* WORKING DATA
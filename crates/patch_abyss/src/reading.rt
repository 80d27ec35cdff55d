//! Images read under a policy.

ghost use Rattle.std.specs.Prelude.{◌≡◌, ◌≢◌, ◌+◌, ◌-◌, ◌*◌, ◌<◌, ◌≤◌, IfOk, length, max, min};
ghost use Rattle.plane_rect.specs.Rectangle.{InLimits, Within, end_row, end_column};
ghost use Rattle.pixel_formats.specs.{Format.pixel_bytes, Row.HasPixels, declared.abyss.Abyss.TheVariants.Loop};
ghost use Rattle.model_images.specs.Abyss.{abyss_at, wrapped};
ghost use Rattle.model_images.specs.{Image.image_from_fn, FromRaw.byte_count};
ghost use Rattle.patch_abyss.specs.Fetched.{RowsFilled, outside_sample};
ghost use Rattle.patch_abyss.specs.Rows.{AreRepeated, moved_to};

use crate::fill::{RowParts, cycle, fill_sides, repeat, wrap_rows};
use crate::outside::{Repetition, outside_pixel, repeated_rows, source_rows, wrapped};
use crate::patch::{Patch, byte_count};
use crate::rows::{Rows, copy_rows};
use alloc_basics::NoMemory;
use pixel_formats::{Abyss, Format};
use plane_rect::Rect;
use std::alloc::Global;
use std::ops::Range;

/// Returns the patch over a rectangle of the samples that the image has there, and outside its own
/// rectangle those that the policy gives. Takes time in proportion to the rectangle's pixels.
///
/// # Errors
///
/// `NoMemory` if memory runs out.
pub fn fetch(alloc: Global, image: &Patch, abyss: Abyss, rect: Rect) -> Result<Patch, NoMemory>
    requires { InLimits rect }
    ensures { IfOk result (λ patch. patch ≡ image_from_fn rect image.now.format (abyss_at image.now abyss)) }
{
    if abyss == Abyss::None || image.rect().contains(&rect) {
        return image.part(alloc, rect);
    }
    let format = image.format();
    let mut bytes = vec![in alloc; 0; byte_count(&rect, format)]?;
    fetch_rows(image, abyss, &rect, &mut bytes);
    Ok(Patch::from_vec(rect, format, bytes))
}

/// Writes the samples of a rectangle, band by band from the top.
fn fetch_rows(image: &Patch, abyss: Abyss, rect: &Rect, bytes: &mut [u8])
    requires { length bytes.old ≡ byte_count rect.now image.now.format }
    ensures len { length bytes.new ≡ length bytes.old }
    ensures generated { RowsFilled rect.now image.now.format (abyss_at image.now abyss) rect.now.height bytes.new }
{
    let mut row = rect.first_row();
    while row < rect.end_row() {
        row = match repeated_rows(&image.rect(), abyss, rect, row) {
            Some(repetition) => repeat_rows(image, abyss, rect, row, &repetition, bytes),
            None => fetch_band(image, abyss, rect, row, bytes),
        };
    }
}

/// Writes rows of a rectangle that read the same of the image as rows above them, from one on,
/// where the rows above it are written. Returns the exclusive end of what is written.
fn repeat_rows(
    image: &Patch,
    abyss: Abyss,
    rect: &Rect,
    row: u32,
    repetition: &Repetition,
    bytes: &mut [u8],
) -> u32
    requires row { Within rect.now.first_row rect.now.height row }
    requires repetition { AreRepeated image.now.box abyss rect.now row repetition.now }
    requires count { length bytes.old ≡ byte_count rect.now image.now.format }
    requires above { RowsFilled rect.now image.now.format (abyss_at image.now abyss) (row - rect.now.first_row) bytes.old }
    ensures end { result ≡ repetition.now.end }
    ensures len { length bytes.new ≡ length bytes.old }
    ensures generated { RowsFilled rect.now image.now.format (abyss_at image.now abyss) (result - rect.now.first_row) bytes.new }
{
    let count = rect.w as usize * image.format().pixel_bytes() as usize;
    let period = repetition.period as usize * count;
    let start = (row - rect.first_row()) as usize * count;
    let end = (repetition.end - rect.first_row()) as usize * count;
    repeat(&mut bytes[start - period..end], period);
    repetition.end
}

/// Writes rows of a rectangle that read rows of the image which follow one another, or a row that
/// reads nothing of it, where the rows above are written. Returns the exclusive end of what is
/// written.
fn fetch_band(image: &Patch, abyss: Abyss, rect: &Rect, row: u32, bytes: &mut [u8]) -> u32
    requires row { Within rect.now.first_row rect.now.height row }
    requires count { length bytes.old ≡ byte_count rect.now image.now.format }
    requires above { RowsFilled rect.now image.now.format (abyss_at image.now abyss) (row - rect.now.first_row) bytes.old }
    ensures further { row < result }
    ensures within { result ≤ end_row rect.now }
    ensures len { length bytes.new ≡ length bytes.old }
    ensures generated { RowsFilled rect.now image.now.format (abyss_at image.now abyss) (result - rect.now.first_row) bytes.new }
{
    let format = image.format();
    let count = rect.w as usize * format.pixel_bytes() as usize;
    let start = (row - rect.first_row()) as usize * count;
    let Some(sources) = source_rows(&image.rect(), abyss, row) else {
        write_outside(abyss, format, &mut bytes[start..start + count]);
        return row + 1;
    };
    let rows = (sources.end - sources.start).min(rect.end_row() - row);
    let end = (row + rows - rect.first_row()) as usize * count;
    let to = &mut bytes[start..end];
    write_rows(image, abyss, rect, sources.start..sources.start + rows, to);
    row + rows
}

/// Writes pixels that read nothing of an image.
fn write_outside(abyss: Abyss, format: Format, to: &mut [u8])
    ensures len { length to.new ≡ length to.old }
    ensures pixels { HasPixels format to.new (λ _. outside_sample abyss format) }
{
    cycle(to, outside_pixel(abyss, format));
}

/// Writes the samples of a row over the columns of a rectangle.
pub(crate) fn read_row(image: &Patch, abyss: Abyss, rect: &Rect, row: u32, to: &mut [u8])
    requires { length to.old ≡ rect.now.width * pixel_bytes image.now.format }
    ensures len { length to.new ≡ length to.old }
    ensures pixels { HasPixels image.now.format to.new (λ k. abyss_at image.now abyss (rect.now.first_column + k) row) }
{
    let Some(sources) = source_rows(&image.rect(), abyss, row) else {
        write_outside(abyss, image.format(), to);
        return;
    };
    write_rows(image, abyss, rect, sources.start..sources.start + 1, to);
}

/// Writes rows over the columns of a rectangle, one for each of these rows of the image.
fn write_rows(image: &Patch, abyss: Abyss, rect: &Rect, sources: Range<u32>, to: &mut [u8])
    requires some { sources.start < sources.end }
    requires first_row { image.now.box.first_row ≤ sources.start }
    requires end_row { sources.end ≤ end_row image.now.box }
    requires count { length to.old ≡ (sources.end - sources.start) * (rect.now.width * pixel_bytes image.now.format) }
    ensures len { length to.new ≡ length to.old }
    ensures generated { RowsFilled (moved_to sources.start rect.now) image.now.format (abyss_at image.now abyss)
        (sources.end - sources.start) to.new }
{
    match abyss {
        Abyss::Loop => {
            // Each row begins at the same column of the image.
            let pixel = image.format().pixel_bytes() as usize;
            let (bounds, many) = (image.rect(), (sources.end - sources.start) as usize);
            let (count, period) = (rect.w as usize * pixel, bounds.w as usize * pixel);
            let first = wrapped_start(&bounds, rect) as usize * pixel;
            wrap_rows(to, count, image.rows(sources), period, first, many);
        }
        _ => edge_rows(image, abyss, rect, sources, to),
    }
}

/// Returns how many columns right of a box's first one is the column that a rectangle's first one
/// reads under `Loop`.
fn wrapped_start(bounds: &Rect, rect: &Rect) -> u32
    requires { 0 < bounds.now.width }
    ensures { result ≡ wrapped bounds.now.first_column bounds.now.width rect.now.first_column - bounds.now.first_column }
{
    wrapped(bounds.first_column(), bounds.w, rect.first_column()) - bounds.first_column()
}

/// Writes rows under another policy, whose columns left and right of the image read its edge or
/// nothing of it.
fn edge_rows(image: &Patch, abyss: Abyss, rect: &Rect, sources: Range<u32>, to: &mut [u8])
    requires still { abyss ≢ Loop }
    requires some { sources.start < sources.end }
    requires first_row { image.now.box.first_row ≤ sources.start }
    requires end_row { sources.end ≤ end_row image.now.box }
    requires count { length to.old ≡ (sources.end - sources.start) * (rect.now.width * pixel_bytes image.now.format) }
    ensures len { length to.new ≡ length to.old }
    ensures generated { RowsFilled (moved_to sources.start rect.now) image.now.format (abyss_at image.now abyss)
        (sources.end - sources.start) to.new }
{
    let pixel = image.format().pixel_bytes() as usize;
    let (bounds, many) = (image.rect(), (sources.end - sources.start) as usize);
    let (count, period) = (rect.w as usize * pixel, bounds.w as usize * pixel);
    let from = image.rows(sources);
    let (before, shared) = shared_columns(rect, &bounds);
    let start = before * pixel;
    let end = start + (shared.end - shared.start) * pixel;
    let middle = Rows::new(shared.start * pixel, period);
    copy_rows(to, Rows::new(start, count), from, middle, end - start, many);
    let parts = RowParts { count, start, end };
    match abyss {
        Abyss::Clamp => {
            let (first, last) = (Rows::new(0, period), Rows::new(period - pixel, period));
            fill_sides(to, parts, from, first, last, pixel, many);
        }
        _ => {
            let (outside, once) = (outside_pixel(abyss, image.format()), Rows::new(0, 0));
            fill_sides(to, parts, outside, once, once, pixel, many);
        }
    }
}

/// Returns how many columns of a rectangle are left of those that it shares with a box, and which
/// of the box's columns these are. Where it shares none, all are left of the box or right of it.
fn shared_columns(rect: &Rect, bounds: &Rect) -> (usize, Range<usize>)
    ensures before { result.0 ≡ min (max bounds.now.first_column rect.now.first_column) (end_column rect.now) - rect.now.first_column }
    ensures start { result.1.start ≡ min (max rect.now.first_column bounds.now.first_column) (end_column bounds.now) - bounds.now.first_column }
    ensures end { result.1.end ≡ min (max (end_column rect.now) bounds.now.first_column) (end_column bounds.now) - bounds.now.first_column }
{
    let (first_column, end_column) = (rect.first_column(), rect.end_column());
    let (start, end) = (bounds.first_column(), bounds.end_column());
    let before = start.max(first_column).min(end_column) - first_column;
    let first = first_column.max(start).min(end) - start;
    let last = end_column.max(start).min(end) - start;
    (before as usize, first as usize..last as usize)
}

* EXERCISE DESCRIPTION
What are the lines, exactly as written above, from the line with "let period = repetition.period" to the line with "or a row that", both included? Output only those.

* YOUR SOLUTION
    let period = repetition.period as usize * count;
    let start = (row - rect.first_row()) as usize * count;
    let end = (repetition.end - rect.first_row()) as usize * count;
    repeat(&mut bytes[start - period..end], period);
    repetition.end
}

/// Writes rows of a rectangle that read rows of the image which follow one another, or a row that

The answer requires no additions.